Last weekend we enjoyed the annual garden tour put on by the Richardson Women’s Club. We always come away with ideas as well as motivation and inspiration to take our little piece of Eden to the next level.
Something I noticed this year perhaps for the first time – or just experienced in a new way – was that some people like free-form, almost wild gardens, and some like more tidy, formal environments. This year’s tour featured both. Some gardens were full of flowers and shrubs almost on top of each other as if competing for dominance and attention, and some were more intentional in the separation and showcasing of individual plants. In the latter, you could get a good look at the shape and color of each plant, and the former gave a sense that experiencing the entirety of the garden was the point.
A dozen years ago we traveled to France and saw the same trends in two of the most famous gardens in the world. The gardens at the home of impressionist painter Claude Monet in Giverny were a beautiful bedlam of flowering plants coming up everywhere and spilling out all over each other and onto the gravel paths. In contrast, the gardens at the Palace of Versailles were orderly and precise with carefully manicured plants standing at attention behind decorative hedge rows and edging.
Aristocrats at Versailles might criticize Monet’s garden as being undisciplined and wild, while lovers of the Monet environment would say the Versailles gardeners have tamed the wild joy out of nature.
We have both order and chaos at our place. We’ve outlined our beds with metal edging, but with our house being square and symmetrical, our beds are the opposite: curvy and randomly placed. While the landscaper who helped us choose plants before we moved in created some initial symmetry in the front yard, that’s been undone by time, weather and the reality of our location.
For example, the nandina on either side of the front porch are about as uniform in size and shape as the kids in a sixth-grade class. Japanese maples mirroring each other at the front corners of the house fell victim to the weather and lack of shade from the new live oak trees. The maples have been replaced by plants that can tolerate what’s turned out to be very different conditions at each corner.
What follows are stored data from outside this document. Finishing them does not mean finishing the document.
// What clocks of a zone show at moments of UTC.
ghost use Rattle.std.specs.Prelude.{◌≡◌, ◌≤ℤ◌, ◌<ℤ◌, ◌+ℤ◌, ◌-ℤ◌, ℤ, None, IfOk, IfSome, int_lt, pos};
ghost use Rattle.rr_model.specs.Calendar.{first_day_of_year};
ghost use Rattle.rr_model.specs.Moment.Years.{HasFourDigitYear, IsInYears};
ghost use Rattle.rr_model.specs.Rising.{Rises};
ghost use Rattle.rr_model.specs.declared.kind.Kind.TheVariants.{Moments};
ghost use Rattle.rr_zone.specs.Clocks.{local_before, local_from, local_time, offset_before, offset_from};
ghost use Rattle.rr_zone.specs.Moments.{is_over, moment_about, moment_at_offset, moment_by, offset_about, utc_moment};
ghost use Rattle.rr_zone.specs.Onsets.{earlier, first_of_zone, last_of_zone, later, with_last};
ghost use Rattle.rr_zone.specs.Tables.{IsCountUpTo, IsLastDay, IsNear, IsUpTo, first_of, last_day, last_listed, last_of};

use crate::onsets::tables_of;
use crate::zone::Zone;
use rr_model::{Dates, FIRST_DAY, Kind, NoMemory, day_part};
use rr_text::later_in_years;
use std::alloc::Global;
use std::marker::Model;

/// Local time at a moment of UTC, in seconds since 1970-01-01T00:00:00 (RFC 5545, sections 3.3.5 and 3.6.5).
#[derive(Clone, Copy)]
pub(crate) enum LocalTime {
    /// The local time; nothing about it is in doubt.
    Once(i64),
    /// The clock was set back at the last onset, and showed this local time before. The first local time that it does not show twice.
    Again(i64),
    /// The clock was set forward at the last onset, and local times that it passed over name moments from here on too. The local time.
    Skipping(i64),
}

/// A moment at which local time begins to be another one: the onset of an observance (RFC 5545, section 3.6.5).
#[derive(Clone, Copy)]
pub struct Onset {
    /// The moment of UTC, in seconds since 1970-01-01T00:00:00.
    pub at: i64,
    /// Local time less UTC before it, in seconds.
    pub from: i32,
    /// Local time less UTC from it on, in seconds.
    pub to: i32,
}

/// The onsets of an observance up to a day.
#[derive(Drop)]
pub struct Table {
    /// The onsets as moments of UTC, rising.
    pub onsets: Dates,
    /// The first of its start and its further dates, as a moment of UTC.
    pub first: i64,
    /// Local time less UTC before an onset, in seconds.
    pub from: i32,
    /// Local time less UTC from an onset on, in seconds.
    pub to: i32,
}

/// A zone with its onsets, listed as far as they were asked for.
#[derive(Drop)]
pub(crate) struct Clock {
    zone: Zone,
    tables: Vec<Table>,
    last: i64,
}

impl Model for Clock {
    ghost use Rattle.std.specs.Prelude.{List};
    ghost use Rattle.rr_zone.specs.declared.observance.Observance.{Observance};

    ghost Value = { List Observance };

    ghost use Rattle.rr_zone.specs.Tables.{AreListed};

    ghost view = { λ c. c.zone };

    ghost invariant = { λ c. AreListed c.zone c.tables.items c.last };
}

// 10000-01-01, the last day that is ever listed: no moment of the years 1 to 9999 is later in local time.
const LAST_DAY: i64 = 2_932_897;

// Ten years with three leap days among them, in days.
const SOME_YEARS: i64 = 3_653;

// A day, in seconds.
const DAY_SECONDS: i32 = 86_400;

// How many of some onsets are not after a moment.
fn count_up_to(onsets: &[i64], at: i64) -> usize
    requires { Rises int_lt onsets.now }
    ensures { IsCountUpTo onsets.now at result }
{
    onsets.partition_point(|onset| *onset <= at)
}

// The last of these onsets that is not after a moment.
fn last_listed(onsets: &Dates, at: i64) -> Option<i64>
    ensures { result ≡ last_listed onsets.now at }
{
    let onsets = onsets.as_slice();
    let count = count_up_to(onsets, at);
    if count == 0 {
        None
    } else {
        Some(onsets[count - 1])
    }
}

// The later of two onsets, the first one if they are at once.
fn later(a: Option<Onset>, b: Onset) -> Onset
    ensures { result ≡ later a b }
{
    match a {
        Some(a) => { if b.at <= a.at { a } else { b } }
        None => b,
    }
}

// The earlier of two onsets, the first one if they are at once.
fn earlier(a: Option<Onset>, b: Onset) -> Onset
    ensures { result ≡ earlier a b }
{
    match a {
        Some(a) => { if a.at <= b.at { a } else { b } }
        None => b,
    }
}

// What is found with the last onset of an observance, if it has one.
fn with_last(found: Option<Onset>, from: i32, to: i32, onset: Option<i64>) -> Option<Onset>
    ensures { result ≡ with_last found from to onset }
{
    match onset {
        Some(at) => Some(later(found, Onset { at, from, to })),
        None => found,
    }
}

// The last onset of all observances that is not after a moment of UTC.
fn last_of_all(tables: &[Table], at: i64) -> Option<Onset>
    ensures { result ≡ last_of None tables.now at }
{
    let mut last = None;
    for table in tables {
        let onset = last_listed(&table.onsets, at);
        last = with_last(last, table.from, table.to, onset);
    }
    last
}

/// The first onset of all observances that are listed; `None` if there is none.
pub fn first_of_all(tables: &[Table]) -> Option<Onset>
    ensures { result ≡ first_of None tables.now }
{
    let mut first = None;
    for table in tables {
        let onset = Onset {
            at: table.first,
            from: table.from,
            to: table.to,
        };
        first = Some(earlier(first, onset));
    }
    first
}

// A moment by this offset.
fn moved(at: i64, offset: i32) -> i64
    requires { IsNear at }
    ensures { result ≡ at +ℤ offset }
{
    at + i64::from(offset)
}

// What is earlier by this offset.
fn less(at: i64, offset: i32) -> i64
    requires { IsNear at }
    ensures { result ≡ at -ℤ offset }
{
    at - i64::from(offset)
}

// Local time from an onset on.
fn local_from(onset: Onset, at: i64) -> LocalTime
    requires onset { IsNear onset.at }
    requires at { IsNear at }
    ensures { result ≡ local_from onset at }
{
    let local = moved(at, onset.to);
    let single = moved(onset.at, onset.from);
    if local < single {
        return LocalTime::Again(single);
    }
    let unset = moved(at, onset.from);
    let set = moved(onset.at, onset.to);
    if unset < set {
        LocalTime::Skipping(local)
    } else {
        LocalTime::Once(local)
    }
}

// Local time before all onsets, of which this is the first.
fn local_before(first: Option<Onset>, at: i64) -> LocalTime
    requires { IsNear at }
    ensures { result ≡ local_before first at }
{
    match first {
        None => LocalTime::Once(at),
        Some(first) => LocalTime::Once(moved(at, first.from)),
    }
}

// Local time less UTC before all onsets, of which this is the first.
fn offset_before(first: Option<Onset>) -> i32
    ensures { result ≡ offset_before first }
{
    match first {
        None => 0,
        Some(first) => first.from,
    }
}

// Local time less UTC by the last onset, and the first of all.
fn offset_from(last: Option<Onset>, first: Option<Onset>) -> i32
    ensures { result ≡ offset_from last first }
{
    match last {
        None => offset_before(first),
        Some(last) => last.to,
    }
}

// The moment of a local time that is so far ahead of UTC, if it is one of the years 1 to 9999.
fn moment_at_offset(local: i64, offset: i32) -> Option<i64>
    requires { IsNear local }
    ensures value { result ≡ moment_at_offset local offset }
    ensures years { IfSome result (IsInYears Moments) }
{
    later_in_years(less(local, offset), 0)
}

// Whether no onset lies behind a moment.
fn is_over(early: i64, onset: Option<Onset>) -> bool
    ensures { result ≡ is_over early onset }
{
    match onset {
        None => true,
        Some(onset) => onset.at <= early,
    }
}

// How far a local time about an onset is ahead of UTC.
fn offset_about(before: i32, onset: Onset, local: i64) -> i32
    requires { IsNear onset.at }
    ensures { result ≡ offset_about before onset local }
{
    let unset = moved(onset.at, before);
    let set = moved(onset.at, onset.to);
    if local < unset || local < set {
        before
    } else {
        onset.to
    }
}

// The moment of a local time by the onset that it is about and the one before that.
fn moment_about(
    first: Option<Onset>,
    previous: Option<Onset>,
    onset: Onset,
    local: i64,
) -> Option<i64>
    requires onset { IsNear onset.at }
    requires local { IsNear local }
    ensures value { result ≡ moment_about first previous onset local }
    ensures years { IfSome result (IsInYears Moments) }
{
    if !is_over(less(local, DAY_SECONDS), previous) {
        return None;
    }
    let before = offset_from(previous, first);
    moment_at_offset(local, offset_about(before, onset, local))
}

// Days from the first onset up to a day.
fn days_since(first: Option<Onset>, day: i64) -> i64
    requires { HasFourDigitYear day }
    ensures { result ≤ℤ pos 4_000_000 }
{
    let Some(first) = first else {
        return 0;
    };
    let begun = day_part(Kind::Moments, first.at);
    if begun < FIRST_DAY {
        return 0;
    }
    if day < begun {
        return 0;
    }
    day - begun
}

// The day, or the last that is ever listed if that comes first.
fn up_to_last(day: i64) -> i64
    requires { first_day_of_year (pos 1) ≤ℤ day }
    ensures last { IsLastDay result }
    ensures beyond { (t : ℤ) → t <ℤ day → t <ℤ last_day → t <ℤ result }
{
    if day < LAST_DAY { day } else { LAST_DAY }
}

// The last day that is listed when a day is asked for: twice as far from the first onset, and some years more at least, so that
// a text asks for few new lists.
fn last_to_list(first: Option<Onset>, day: i64) -> i64
    requires { HasFourDigitYear day }
    ensures last { IsLastDay result }
    ensures beyond { day <ℤ result }
{
    let more = days_since(first, day);
    if more < SOME_YEARS {
        up_to_last(day + SOME_YEARS)
    } else {
        up_to_last(day + more)
    }
}

impl Clock {
    /// No onset is listed yet, but for those of the first day.
    pub(crate) fn new(alloc: Global, zone: Zone) -> Result<Clock, NoMemory>
        ensures { IfOk result (λ clock. clock ≡ zone) }
    {
        let tables = tables_of(alloc, zone.as_slice(), FIRST_DAY)?;
        Ok(Clock {
            zone,
            tables,
            last: FIRST_DAY,
        })
    }

    // The first onset of the zone, if it has one.
    fn first(&self) -> Option<Onset>
        ensures { result ≡ first_of_zone None self.now }
    {
        first_of_all(&self.tables)
    }

    // The last onset that is not after a moment of UTC in the years 1 to 9999. Onsets are listed anew for a moment behind them.
    fn last(&mut self, alloc: Global, at: i64) -> Result<Option<Onset>, NoMemory>
        requires { IsInYears Moments at }
        ensures onset { IfOk result (λ onset. onset ≡ last_of_zone None self.old at) }
        ensures up_to { IfOk result (λ onset. IfSome onset (IsUpTo at)) }
        ensures zone { self.new ≡ self.old }
    {
        let day = day_part(Kind::Moments, at);
        if self.last <= day {
            let last = last_to_list(first_of_all(&self.tables), day);
            self.tables = tables_of(alloc, self.zone.as_slice(), last)?;
            self.last = last;
        }
        Ok(last_of_all(&self.tables, at))
    }

    /// Local time at a moment of UTC in the years 1 to 9999.
    pub(crate) fn local_time(&mut self, alloc: Global, at: i64) -> Result<LocalTime, NoMemory>
        requires { IsInYears Moments at }
        ensures time { IfOk result (λ time. time ≡ local_time self.old at) }
        ensures zone { self.new ≡ self.old }
    {
        match self.last(alloc, at)? {
            Some(onset) => Ok(local_from(onset, at)),
            None => Ok(local_before(self.first(), at)),
        }
    }

    // The moment of UTC that a local time names, by the last onset that is not more than a day after it.
    fn moment_by(
        &mut self,
        alloc: Global,
        local: i64,
        last: Option<Onset>,
    ) -> Result<Option<i64>, NoMemory>
        requires local { IsNear local }
        requires early { IsInYears Moments (local -ℤ pos 86_400) }
        requires late { IsInYears Moments (local +ℤ pos 86_400) }
        requires last { IfSome last (IsUpTo (local +ℤ pos 86_400)) }
        ensures value { IfOk result (λ moment. moment ≡ moment_by self.old local last) }
        ensures years { IfOk result (λ moment. IfSome moment (IsInYears Moments)) }
        ensures zone { self.new ≡ self.old }
    {
        let Some(onset) = last else {
            return Ok(moment_at_offset(local, offset_before(self.first())));
        };
        if onset.at <= less(local, DAY_SECONDS) {
            return Ok(moment_at_offset(local, onset.to));
        }
        let previous = self.last(alloc, less(onset.at, 1))?;
        Ok(moment_about(self.first(), previous, onset, local))
    }

    /// The moment of UTC that a local time of the years 1 to 9999 names. None if the clock is set twice in the two days about it.
    pub(crate) fn moment(&mut self, alloc: Global, local: i64) -> Result<Option<i64>, NoMemory>
        requires { IsInYears Moments local }
        ensures value { IfOk result (λ moment. moment ≡ utc_moment self.old local) }
        ensures years { IfOk result (λ moment. IfSome moment (IsInYears Moments)) }
        ensures zone { self.new ≡ self.old }
    {
        if later_in_years(local, -DAY_SECONDS).is_none() {
            return Ok(None);
        }
        let Some(late) = later_in_years(local, DAY_SECONDS) else {
            return Ok(None);
        };
        let last = self.last(alloc, late)?;
        self.moment_by(alloc, local, last)
    }
}
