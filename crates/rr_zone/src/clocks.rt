// The clocks of the zones that events name.
ghost use Rattle.std.specs.Prelude.{◌≡◌, false, map, not, option_and_then, option_map, All, IfOk, IfSome, OnOk};
ghost use Rattle.std.specs.Option.{is_some};
ghost use Rattle.rr_model.specs.Rule.Validity.{is_absent};
ghost use Rattle.rr_model.specs.Text.UsedLines.{after_colon, after_name};
ghost use Rattle.rr_events.specs.RawLines.{bytes_of};
ghost use Rattle.rr_text.specs.Appending.{Appends};
ghost use Rattle.rr_zone.specs.Known.{IsClockAmong, IsPlace};
ghost use Rattle.rr_zone.specs.Local.{is_turned, local_by_zone, local_event, utc_lines};
ghost use Rattle.rr_zone.specs.Moments.{utc_moment};
ghost use Rattle.rr_zone.specs.OtherZones.{line_of_zone, utc_line};
ghost use Rattle.rr_zone.specs.Unread.{fault_at, fault_by};
ghost use Rattle.rr_zone.specs.Zones.{IsNumbered, if_read, raw_lines_in, zone_at, zone_named};

use crate::clock::Clock;
use crate::event::Start;
use crate::line::utc_line;
use crate::rewritten::push_event;
use crate::zone::{Zone, ZoneFault, zone_in};
use rr_events::Piece;
use rr_model::{Bytes, NoMemory};
use std::alloc::Global;
use std::marker::Model;

/// A zone of a text by its name, with its clock, or why it can't be read.
#[derive(Drop)]
pub(crate) struct NamedClock {
    name: Bytes,
    clock: Result<Clock, ZoneFault>,
}

/// The zones of a text, with the clocks of those that were asked for.
#[derive(Drop)]
pub(crate) struct Clocks<'a> {
    zones: Vec<Piece<'a>>,
    known: Vec<NamedClock>,
}

impl<'a> Model for Clocks<'a> {
    ghost use Rattle.std.specs.Prelude.{List, map, All};
    ghost use Rattle.rr_events.specs.RawLines.{RawLine};
    ghost use Rattle.rr_zone.specs.Known.{IsClockAmong};
    ghost use Rattle.rr_zone.specs.Zones.{IsNumbered, raw_lines_in};

    ghost Value = { List (List RawLine) };

    ghost view = { λ c. map raw_lines_in c.zones.items };

    ghost invariant = { λ c. All IsNumbered c.zones.items
        × All (IsClockAmong (map raw_lines_in c.zones.items)) c.known.items };
}

// The clock of a zone by its name, or why the text has no such zone that can be read.
fn clock_of(
    alloc: Global,
    zones: &[Piece],
    name: &[u8],
) -> Result<Result<Clock, ZoneFault>, NoMemory>
    requires { All IsNumbered zones.now }
    ensures { IfOk result (λ clock. clock ≡ zone_named (map raw_lines_in zones.now) name.now) }
{
    match zone_in(alloc, zones, name)? {
        Ok(zone) => Ok(Ok(Clock::new(alloc, zone)?)),
        Err(fault) => Ok(Err(fault)),
    }
}

// The place of a zone that is known.
fn place_of(known: &[NamedClock], name: &[u8]) -> Option<usize>
    ensures { IfSome result (IsPlace known.now name.now) }
{
    for i in 0..known.len() {
        if known[i].name.as_slice() == name {
            return Some(i);
        }
    }
    None
}

// The place of a zone by its name, which is known from now on.
fn place_among(
    alloc: Global,
    zones: &[Piece],
    known: &mut Vec<NamedClock>,
    name: &[u8],
) -> Result<usize, NoMemory>
    requires zones { All IsNumbered zones.now }
    requires known { All (IsClockAmong (map raw_lines_in zones.now)) known.old.items }
    ensures place { IfOk result (IsPlace known.new.items name.now) }
    ensures known { All (IsClockAmong (map raw_lines_in zones.now)) known.new.items }
{
    if let Some(place) = place_of(known.as_slice(), name) {
        return Ok(place);
    }
    let clock = clock_of(alloc, zones, name)?;
    known.push(NamedClock {
        name: Bytes::of(alloc, name)?,
        clock,
    })?;
    Ok(known.len() - 1)
}

// The bytes of an event by the clock of its zone, if that can be read, and whether it can.
fn push_by_clock(
    alloc: Global,
    out: &mut Vec<u8>,
    entry: &mut NamedClock,
    others: &mut Clocks,
    name: &[u8],
    is_instance: bool,
    piece: Piece,
) -> Result<bool, NoMemory>
    requires { IsNumbered piece }
    ensures value { OnOk result (Appends out.old out.new
        (local_by_zone others.old name.now (if_read entry.old.clock) is_instance (raw_lines_in piece.entry))) }
    ensures turned { IfOk result (λ turned. turned ≡ is_some (if_read entry.old.clock)) }
    ensures entry { entry.new ≡ entry.old }
    ensures others { others.new ≡ others.old }
{
    match &mut entry.clock {
        Ok(clock) => {
            push_event(alloc, out, clock, others, Some(name), is_instance, piece)?;
            Ok(true)
        }
        Err(_) => {
            out.extend_from_slice(piece.text)?;
            Ok(false)
        }
    }
}

// A line with its local times, which are of this zone, in UTC, if it can be read.
fn line_by_clock(
    alloc: Global,
    entry: &mut NamedClock,
    text: &[u8],
) -> Result<Option<Vec<u8>>, NoMemory>
    ensures value { IfOk result (λ new. option_map (λ new. new.items) new
        ≡ option_and_then (λ zone. utc_line (utc_moment zone) text.now (after_colon false (after_name text.now)))
        (if_read entry.old.clock)) }
    ensures entry { entry.new ≡ entry.old }
{
    match &mut entry.clock {
        Ok(clock) => utc_line(alloc, clock, text),
        Err(_) => Ok(None),
    }
}

// Why a zone can't be read, if it can't.
fn fault_of(entry: &NamedClock) -> Option<ZoneFault>
    ensures { result ≡ fault_by entry.now.clock }
{
    match &entry.clock {
        Ok(_) => None,
        Err(fault) => Some(*fault),
    }
}

impl<'a> Clocks<'a> {
    /// No zone was asked for yet.
    pub(crate) fn new(alloc: Global, zones: Vec<Piece<'a>>) -> Self
        requires { All IsNumbered zones.items }
        ensures { result ≡ map raw_lines_in zones.entry.items }
    {
        Clocks {
            zones,
            known: Vec::new(alloc),
        }
    }

    /// Whether the text has zones.
    pub(crate) fn has_zones(&self) -> bool
        ensures { result ≡ not (is_absent self.now) }
    {
        !self.zones.is_empty()
    }

    /// The bytes of an event by the zone of this name, and whether there is one that can be read.
    pub(crate) fn push_event(
        &mut self,
        alloc: Global,
        out: &mut Vec<u8>,
        others: &mut Clocks,
        name: &[u8],
        is_instance: bool,
        piece: Piece,
    ) -> Result<bool, NoMemory>
        requires { IsNumbered piece }
        ensures value { OnOk result (Appends out.old out.new (local_by_zone others.old name.now
            (zone_at self.old name.now) is_instance (raw_lines_in piece.entry))) }
        ensures turned { IfOk result (λ turned. turned ≡ is_some (zone_at self.old name.now)) }
        ensures zones { self.new ≡ self.old }
        ensures others { others.new ≡ others.old }
    {
        let place = place_among(alloc, self.zones.as_slice(), &mut self.known, name)?;
        push_by_clock(
            alloc,
            out,
            &mut self.known[place],
            others,
            name,
            is_instance,
            piece,
        )
    }

    /// A line with its local times, which are of the zone of this name, in UTC, if there is one that can be read.
    pub(crate) fn utc_line(
        &mut self,
        alloc: Global,
        name: &[u8],
        text: &[u8],
    ) -> Result<Option<Vec<u8>>, NoMemory>
        ensures value { IfOk result (λ new. option_map (λ new. new.items) new
            ≡ line_of_zone self.old text.now name.now) }
        ensures zones { self.new ≡ self.old }
    {
        let place = place_among(alloc, self.zones.as_slice(), &mut self.known, name)?;
        line_by_clock(alloc, &mut self.known[place], text)
    }

    /// Why the zone of this name can't be read, if it can't.
    pub(crate) fn fault(
        &mut self,
        alloc: Global,
        name: &[u8],
    ) -> Result<Option<ZoneFault>, NoMemory>
        ensures value { IfOk result (λ fault. fault ≡ fault_at self.old name.now) }
        ensures zones { self.new ≡ self.old }
    {
        let place = place_among(alloc, self.zones.as_slice(), &mut self.known, name)?;
        Ok(fault_of(&self.known[place]))
    }
}

/// The zones of a text, with the clocks of those in which its series are stated, and of those that their lines name beside them.
#[derive(Drop)]
pub(crate) struct TextClocks<'a> {
    series: Clocks<'a>,
    others: Clocks<'a>,
}

impl<'a> Model for TextClocks<'a> {
    ghost use Rattle.std.specs.Prelude.{List, ◌≡◌};
    ghost use Rattle.rr_events.specs.RawLines.{RawLine};

    ghost Value = { List (List RawLine) };

    ghost view = { λ c. c.series };

    ghost invariant = { λ c. c.others ≡ c.series };
}

// The bytes of an event that is in UTC, in which its local times are put.
fn push_utc_event(
    alloc: Global,
    out: &mut Vec<u8>,
    others: &mut Clocks,
    is_instance: bool,
    piece: Piece,
) -> Result<bool, NoMemory>
    requires { IsNumbered piece }
    ensures value { OnOk result (Appends out.old out.new
        (utc_lines others.old is_instance (raw_lines_in piece.entry))) }
    ensures turned { IfOk result (λ turned. turned ≡ not (is_absent others.old)) }
    ensures others { others.new ≡ others.old }
{
    let has_zones = others.has_zones();
    let mut clock = Clock::new(alloc, Zone::new(alloc))?;
    push_event(alloc, out, &mut clock, others, None, is_instance, piece)?;
    Ok(has_zones)
}

/// A piece that stays, and that it is not turned.
pub(crate) fn push_piece(out: &mut Vec<u8>, piece: Piece) -> Result<bool, NoMemory>
    ensures value { OnOk result (Appends out.old out.new (bytes_of (raw_lines_in piece.entry))) }
    ensures turned { IfOk result (λ turned. turned ≡ false) }
{
    out.extend_from_slice(piece.text)?;
    Ok(false)
}

impl<'a> TextClocks<'a> {
    /// No zone was asked for yet.
    pub(crate) fn new(series: Clocks<'a>, others: Clocks<'a>) -> Self
        requires { others ≡ series }
        ensures { result ≡ series.entry }
    {
        TextClocks { series, others }
    }

    /// The bytes of an event by the start in whose zone it is written, and whether it is turned.
    pub(crate) fn push_event(
        &mut self,
        alloc: Global,
        out: &mut Vec<u8>,
        start: &Start,
        is_instance: bool,
        piece: Piece,
    ) -> Result<bool, NoMemory>
        requires { IsNumbered piece }
        ensures value { OnOk result (Appends out.old out.new
            (local_event self.old start.now is_instance (raw_lines_in piece.entry))) }
        ensures turned { IfOk result (λ turned. turned ≡ is_turned self.old start.now) }
        ensures zones { self.new ≡ self.old }
    {
        match start {
            Start::Utc => push_utc_event(alloc, out, &mut self.others, is_instance, piece),
            Start::Zoned(name) => self.series.push_event(
                alloc,
                out,
                &mut self.others,
                name.as_slice(),
                is_instance,
                piece,
            ),
            Start::Unzoned => push_piece(out, piece),
        }
    }
}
Now that the live oaks are tall and shady, it might be time to give maples another try.
Meanwhile, we have a simple philosophy in our garden: If it blooms, it stays; if not, it gets moved for a tryout somewhere else. As such, we’ve moved lots of plants over the past 14 years: crepe myrtles, camellias, tomatoes, cannas, roses, grapevine, lamb’s ear, sage, fire bushes, turk’s cap, butterfly bushes, irises, the list goes on and on. We don’t give up on our plants or ourselves easily. A master gardener might save us some work and expense by showing us the best plants and best locations, but I think we do fine on our own.
Sometimes plants work out without much help, while some need patience and a good nudge with fertilizer or pruning. Still others just appear without any selection or planting by us. That’s mostly because the other inhabitants of the yard – squirrels, rabbits, birds, insects – are busy out there as well. Birds poop new plants into existence and squirrels will dig up flowers we’ve planted and bury pecans in the holes. Even fire ants have their say; they churn up the dirt, burying grass and flowers under their mounds. Chased away with chemicals, they leave behind hard, dense dirt that must be raked out before anything will grow there again.
Perhaps I noticed the tour gardens in a new way this year because I’ve come to a time of life when I want both freedom and order, wildness and predictability, energy and calm. I don’t need an agenda for everything I do or a map for everywhere I go; I don’t mind some detours and side trips, but I do want some assurance I’ll reach my destination – whether physically or spiritually.
I also don’t mind surprises. One of the gardeners on the tour, a successful businessman and philanthropist with the means to create his own Versailles, sowed a wide slope descending from the street down to a creek with native wildflowers and put in some gravel paths so folks could walk through and enjoy it. It was unconventional and unexpected, and I enjoyed it very much.